The average was tested to be independent of number of genes and number of files and random generated values. The results in Figure 4 show that the computed average value (as in Equation 1) is independent of gene set sizes and number of files (thick black lines) in randomly generated sets. However, the lower the number of genes or files, the higher the variance.

To test the average for independence of length of gene sets, ten pseudo result files with random lengths in [0,¹₄×#genes] were generated (here min: 718 genes, max: 14726 genes, mean: 10111.2 genes). For 100 runs, where each run generated 100 gene sets with 5, 10, 25, 50, 75, 100, 250, 500, 750, 1000 random genes, the average of each gene set was computed. Finally, the mean of all average values of sets with the same length are generated and plotted as colored lines.
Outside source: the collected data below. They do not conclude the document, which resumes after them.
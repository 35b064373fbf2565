//! Whole benches.

ghost use Rattle.std.specs.Prelude.{◌≡◌, ◌⊎◌, ◌≤◌, ◌<◌, ◌+◌, ◌^◌, ◌∷◌, ◌++◌, [], ℕ, List, Option, length, take, All, Ok, Err, IfOk, IfErr, OnOk};
ghost use Rattle.std.specs.List.{AllZip};
ghost use Rattle.std.specs.Io.KnownBytes.{Appends};
ghost use Rattle.board_model.specs.declared.refusal.Refusal.{Refusal};
ghost use Rattle.board_model.specs.declared.refusal.Refusal.TheVariants.{Memory, Output, NotPlain};
ghost use Rattle.script_lang.specs.Lines.{IsLineInRange};
ghost use Rattle.script_lang.specs.Scripts.{script_of, Script as Said};
ghost use Rattle.bench_report.specs.Bench.{Bench};
ghost use Rattle.bench_report.specs.Happens.{unpowered};
ghost use Rattle.bench_sweep.specs.Points.{callers, calls_of, MadeCalls};
ghost use Rattle.bench_sweep.specs.Runs.{RunsAt, Sits, IsLife};
ghost use Rattle.bench_sweep.specs.Made.{IsRunOf};
ghost use Rattle.bench_sweep.specs.Rows.{sweep_text};
ghost use Rattle.bench_sweep.specs.Swept.{IsPlainLine, IsNotPlain, NoBenchRuns, AreSwept, all_points, own_points, points_from, WroteAll, IsBenchOf};
ghost use Rattle.bench_sweep.specs.Took.{RunTook};
ghost use Rattle.crew.specs.Parts.{window};
ghost use Rattle.bench_sweep.specs.Reports.{Reports, ReportsAll, ReportsScript, RunsAlong, TakesPoint};

use crate::begins::run_to_format;
use crate::chunks::{RunsAtCalls, chunk_size, marks_of};
use crate::judges::Sweep;
use crate::judging::PointRows;
use crate::plain_runs::{
    LifeSpan, calls_between, calls_of_all, plain_script, run_plain, stretch_of,
};
use crate::plan::SweepPlan;
use crate::points::{CALLERS, Caller};
use crate::rows::{write_rows, write_sweep};
use crate::runner::Runner;
use crate::site::Site;
use bench_report::{Setting, lane_by_lane};
use board::Payloads;
use board_model::{Refusal, unwritten};
use crew::{Chunk, Crew, Jobs, Part, Progress, Sink, Window, hand_on_all};
use script_lang::{Line, Script};
use std::alloc::{AllocError, Global};
use std::io::{self, Write};
use std::mem::replace;
use std::thread::Threads;

/// What a bench writes, and what it counts.
#[derive(Drop)]
struct SweepReport<'a, W> {
    out: &'a mut W,
    done: Sweep,
    /// The lines of a point are written only where one of its runs is wrong.
    quiet: bool,
}

impl<'a, W: Write> SweepReport<'a, W> {
    /// Writes the lines of a point, and counts it and its runs.
    fn take_point<P: Progress>(&mut self, made: &PointRows, progress: &P) -> io::Result<()>
        ensures took { OnOk result (TakesPoint W.contents self.old made.now self.new) }
    {
        let sweep = made.sweep;
        if !self.quiet || sweep.wrong != 0 {
            progress.pause();
            write_rows(self.out, made.rows.as_slice())?;
        }
        self.done.points = self.done.points.saturating_add(1);
        self.done.runs = self.done.runs.saturating_add(sweep.runs);
        self.done.wrong = self.done.wrong.saturating_add(sweep.wrong);
        progress.went(1);
        Ok(())
    }
}

impl<'a, W: Write> Sink<Chunk<PointRows>> for SweepReport<'a, W> {
    ghost use Rattle.std.specs.Prelude.{◌≡◌, true};
    ghost use Rattle.crew.specs.Handed.{TakesAll};
    ghost use Rattle.bench_sweep.specs.Reports.{TakesPoint};

    ghost takes = { λ old made new. (made.whole ≡ true) × TakesAll (TakesPoint W.contents) old made.rows.items new };

    /// Writes the lines of the points of a chunk, in order, and tells of each that it went. Refused after them where the chunk
    /// lacks some.
    fn take<P: Progress>(&mut self, made: Chunk<PointRows>, progress: &P) -> io::Result<()> {
        let Chunk { rows, whole } = made;
        for point in rows.as_slice() {
            self.take_point(point, progress)?;
        }
        if whole {
            Ok(())
        } else {
            Err(AllocError.into())
        }
    }
}

/// Calls of a caller that lines of the plain run make.
#[derive(Clone, Copy, Drop)]
struct Calls {
    caller: Caller,
    /// How many it has made before, from the first `format ok` on.
    made: u64,
    /// How many they are.
    count: u64,
}

/// Makes the runs at those calls, which the lines make from the site on: at those within a window of them, a chunk of them by one
/// thread. There are `count` lines up to the next site.
fn run_at_calls<R: Threads + Sync, P: Progress, C: Crew + Sync, W: Write>(
    jobs: &Jobs<'_, R, P>,
    runner: &Runner<'_, C>,
    count: usize,
    site: &Site,
    calls: Calls,
    within: Window,
    report: &mut SweepReport<'_, W>,
) -> io::Result<()>
    requires few { count ≤ length runner.now.lines.now }
    requires numbers { calls.made + calls.count < 2 ^ 64 }
    requires lines { AreSwept runner.now.setting.shape.now runner.now.lines.now }
    requires sits { Sits runner.now.setting.shape.now site.now }
    ensures wrote { OnOk result ((b : Bench)
        → RunsAt runner.now.setting.shape.now b site.now
        → Reports W.contents runner.now.bench (RunsAlong runner.now.setting.shape.now runner.now.bench calls.caller site.now calls.made (unpowered b) runner.now.lines.now)
        report.old report.new (window within.from within.to (points_from calls.caller (calls.made + 1) calls.count))) }
{
    let from = within.from.min(calls.count);
    let to = within.to.min(calls.count);
    if from == to {
        return Ok(());
    }
    let within = Window { from, to };
    let each = chunk_size(to - from, jobs.count());
    let marks = marks_of(runner, count, site, calls.caller)?;
    let task = RunsAtCalls {
        runner,
        count,
        site,
        caller: calls.caller,
        before: calls.made,
        within,
        each,
        marks: &marks,
    };
    let chunks = within.chunks(each);
    hand_on_all(jobs, runner.setting.alloc, &task, 0, chunks, report)
}

/// Goes over the points of that caller in the lines up to the next moment at which the board is off, as far as they lie within
/// the window, and puts the board of that moment in the place of this one. The caller made `made` before them. Answers how many
/// lines they are, and how many calls they made.
fn sweep_stretch<R: Threads + Sync, P: Progress, C: Crew + Sync, W: Write>(
    jobs: &Jobs<'_, R, P>,
    runner: &Runner<'_, C>,
    site: &mut Site,
    caller: Caller,
    made: u64,
    within: Window,
    report: &mut SweepReport<'_, W>,
) -> io::Result<(usize, u64)>
    requires lines { AreSwept runner.now.setting.shape.now runner.now.lines.now }
    requires sits { Sits runner.now.setting.shape.now site.old }
    requires made { made ≤ calls_of caller site.old.off.disk }
    ensures few { IfOk result (λ did. did.0 ≤ length runner.now.lines.now) }
    ensures some { IfOk result (λ did. 0 < length runner.now.lines.now → 0 < did.0) }
    ensures calls { IfOk result (λ did. calls_of caller site.new.off.disk ≡ calls_of caller site.old.off.disk + did.1) }
    ensures below { OnOk result (calls_of caller site.new.off.disk < 2 ^ 64) }
    ensures sits { OnOk result (Sits runner.now.setting.shape.now site.new) }
    ensures lives { IfOk result (λ did. (b : Bench)
        → RunsAt runner.now.setting.shape.now b site.old
        → IsLife runner.now.setting.shape.now b runner.now.lines.now did.0 site.new) }
    ensures took { IfOk result (λ did. RunTook runner.now.setting.shape.now (take did.0 runner.now.lines.now)
        site.old.off.disk site.new.off.disk) }
    ensures wrote { IfOk result (λ did. (b : Bench)
        → RunsAt runner.now.setting.shape.now b site.old
        → Reports W.contents runner.now.bench (RunsAlong runner.now.setting.shape.now runner.now.bench caller site.old made (unpowered b) runner.now.lines.now)
        report.old report.new (window within.from within.to (points_from caller (made + 1) did.1))) }
{
    let LifeSpan { count, next } = stretch_of(runner, site)?;
    let made_here = match calls_between(caller, site, &next) {
        Ok(calls) => calls,
        Err(refused) => {
            next.release();
            return Err(refused.into());
        }
    };
    let calls = Calls {
        caller,
        made,
        count: made_here,
    };
    if let Err(error) = run_at_calls(jobs, runner, count, site, calls, within, report) {
        next.release();
        return Err(error);
    }
    replace(site, next).release();
    Ok((count, made_here))
}

/// Goes over the points of that caller that lie within the window, and answers how many calls it made. Each run goes on from the
/// line in which its call lies. It ends with the life in which the last of `all` calls was made.
fn sweep_caller<R: Threads + Sync, P: Progress, C: Crew + Sync, W: Write>(
    jobs: &Jobs<'_, R, P>,
    runner: &Runner<'_, C>,
    begin: &Site,
    caller: Caller,
    all: u64,
    within: Window,
    report: &mut SweepReport<'_, W>,
) -> io::Result<u64>
    requires lines { AreSwept runner.now.setting.shape.now runner.now.lines.now }
    requires sits { Sits runner.now.setting.shape.now begin.now }
    ensures wrote { IfOk result (λ n. (b : Bench)
        → RunsAt runner.now.setting.shape.now b begin.now
        → Reports W.contents runner.now.bench (IsRunOf runner.now.setting.shape.now runner.now.bench begin.now.off.disk (unpowered b) runner.now.lines.now)
        report.old report.new (window within.from within.to (points_from caller 1 n))) }
{
    let mut site = begin.copy(runner.setting.alloc)?;
    let mut from = 0;
    let mut made = 0u64;
    let mut left = within;
    while from < runner.lines.len() && made < all {
        let rest = Runner {
            setting: runner.setting,
            bench: runner.bench,
            lines: &runner.lines[from..],
        };
        match sweep_stretch(jobs, &rest, &mut site, caller, made, left, report) {
            Ok((count, calls)) => {
                from += count;
                made += calls;
                left = left.behind(calls);
            }
            Err(error) => {
                site.release();
                return Err(error);
            }
        }
    }
    site.release();
    Ok(made)
}
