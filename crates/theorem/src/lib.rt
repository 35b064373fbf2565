//! The theorem of this repository: what is promised where power fails, in the words of docs/PROOFS.md. `headline.rt` has it of a
//! disk and a board, `events.rt` over many lives, `scripts.rt` of scripts and their reports, `sessions.rt` of a board on threads,
//! and `files.rt` of a disk that is kept in a file. `board_events.rt` has a board with its store beside the model board over which
//! every order of a kernel is explored: each thing that happens to it is an event of that board.
//! Each promise is a public function. A promise of a call makes the call, and its clause says what comes of it; a promise over
//! all runs does nothing, or calls the law that carries it. So a body shows which contract below carries its promise. What a
//! clause of a lower call says by itself does not stand here. Nothing stands on these promises.
//!
//! `stories.rt` has the theorem of one disk as a function that can be run, and `laws.rt` a law of all such runs.
#![tactic(auto)]

mod asks;
mod board_events;
mod events;
mod files;
mod headline;
mod laws;
mod power;
mod scripts;
mod sessions;
mod stories;

pub use asks::{Asked, Seen};
pub use board_events::{a_power_on_is_an_event, a_turn_is_an_event, a_wake_is_an_event};
pub use events::{
    commands_are_such_events, events_in_order, lives, opens_are_such_events, wakes_are_such_events,
};
pub use files::commands_kept_in_a_file;
pub use headline::{
    a_board_is_resumed, a_cold_boot_finds_what_stands, commands_in_a_row, never_resumed_again,
};
pub use laws::images_go_on_once;
pub use scripts::a_script;
pub use sessions::{
    SessionSaid, a_session_answers, a_session_cut_anywhere, a_session_in_a_file_cut_anywhere,
    a_session_keeps, an_open_finds_some_first, power_lost_between_sessions,
};
pub use stories::{story, story_on};
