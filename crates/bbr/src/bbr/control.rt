// The crate's `Bbr`, call by call.
ghost use Rattle.std.specs.Prelude.{◌≡◌};
ghost use Rattle.bbr.specs.Model.{BbrModel, bbr_model, bbr_rules, opened_with};
ghost use Rattle.bbr.specs.Keeps.{wide_enough};
ghost use Rattle.std.proofs.Common.{rules};

use crate::bbr::Bbr;
use crate::config::BbrConfig;
use bbr_calls::calls;
use bbr_state::state::BbrState;
use congestion::controller::Controller;
use congestion::metrics::ControllerMetrics;
use congestion::totals::Totals;
use draws::source::DrawSource;
use rtt::estimator::RttEstimator;
use values::mtu::Mtu;

impl<D: DrawSource> Bbr<D> {
    /// A controller that starts from `config`, with a source of draws.
    pub fn new(config: BbrConfig, current_mtu: Mtu, draws: D) -> Bbr<D>
        ensures { bbr_model D.model result ≡ opened_with config.initial_window.bytes current_mtu.value (D.model draws) }
    {
        Bbr {
            state: BbrState::new(config.initial_window(), current_mtu.get()),
            draws,
            totals: Totals::new(),
        }
    }

    /// All that the controller holds, but the source of draws: the state and the totals.
    pub fn parts(&self) -> (BbrState, Totals)
        ensures { result ≡ (self.now.state, self.now.totals) }
    {
        (self.state, self.totals)
    }
}

impl<D: DrawSource + Copy> Bbr<D> {
    /// The draw that the next start of the cycle takes.
    pub fn next_draw(&self) -> u8
        ensures { result ≡ D.next_draw (D.model self.now.draws) }
    {
        let mut draws = self.draws;
        draws.draw()
    }
}

impl<D: DrawSource> Controller for Bbr<D> {
    const FLOOR: u64 = 3;

    ghost FLOOR = { 3 };

    ghost Model = { BbrModel D.Model };

    ghost model = { bbr_model D.model };

    ghost rules = { bbr_rules D.next_draw D.after_draw };

    ghost small = { Prim.search rules };

    ghost wide = { λ x. wide_enough x.state x.limited x.wide x.held };

    ghost shows = { Prim.search rules };

    ghost sends = { Prim.search rules };

    ghost acks = { Prim.search rules };

    ghost ends = { Prim.search rules };

    ghost loses = { Prim.search rules };

    ghost resizes = { Prim.search rules };

    fn on_sent(&mut self, time: u64, bytes: u64, last_packet_number: u64) {
        self.totals.add_sent(bytes);
        calls::on_sent(&mut self.state, time, bytes, last_packet_number);
    }

    fn on_ack(&mut self, time: u64, sent: u64, bytes: u64, app_limited: bool, rtt: &RttEstimator) {
        self.totals.add_acked(bytes);
        calls::on_ack(&mut self.state, time, bytes, app_limited, rtt.min());
    }

    fn on_end_acks(
        &mut self,
        time: u64,
        in_flight: u64,
        app_limited: bool,
        largest_packet_num_acked: Option<u64>,
    ) {
        calls::on_end_acks(
            &mut self.state,
            time,
            in_flight,
            app_limited,
            largest_packet_num_acked,
            &mut self.draws,
        );
    }

    fn on_congestion_event(
        &mut self,
        time: u64,
        sent: u64,
        is_persistent_congestion: bool,
        lost_bytes: u64,
    ) {
        self.totals.add_lost(lost_bytes);
        calls::on_congestion_event(&mut self.state, lost_bytes);
    }

    fn on_mtu_update(&mut self, new_mtu: Mtu) {
        calls::on_mtu_update(&mut self.state, new_mtu.get());
    }

    fn window(&self) -> u64 {
        calls::window(&self.state)
    }

    fn metrics(&self) -> ControllerMetrics {
        ControllerMetrics {
            congestion_window: calls::window(&self.state),
            ssthresh: None,
            pacing_rate: Some(self.state.flow.pacing_rate.saturating_mul(8)),
        }
    }

    fn initial_window(&self) -> u64 {
        self.state.limits.initial_window
    }
}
To test for independence of number of files, first 100 set of genes with each 100 random genes were generated. In 100 runs 100 pseudo result files with random lengths in [0,¹₄ ×

#genes]of random genes were generated (here min: 2 genes, max: 15945 genes, mean:

7971.838 genes). The average value was computed over all 100 set of genes in the first 5, 10, 25, 50, 75 and 100 pseudo result files (colored lines).

(a) Averages of gene sets with given lengths (x- Axis), 100 gene sets for each.

(b) Averages of 100 gene sets with each 100 genes in ’number of files’ (x-Axis) files.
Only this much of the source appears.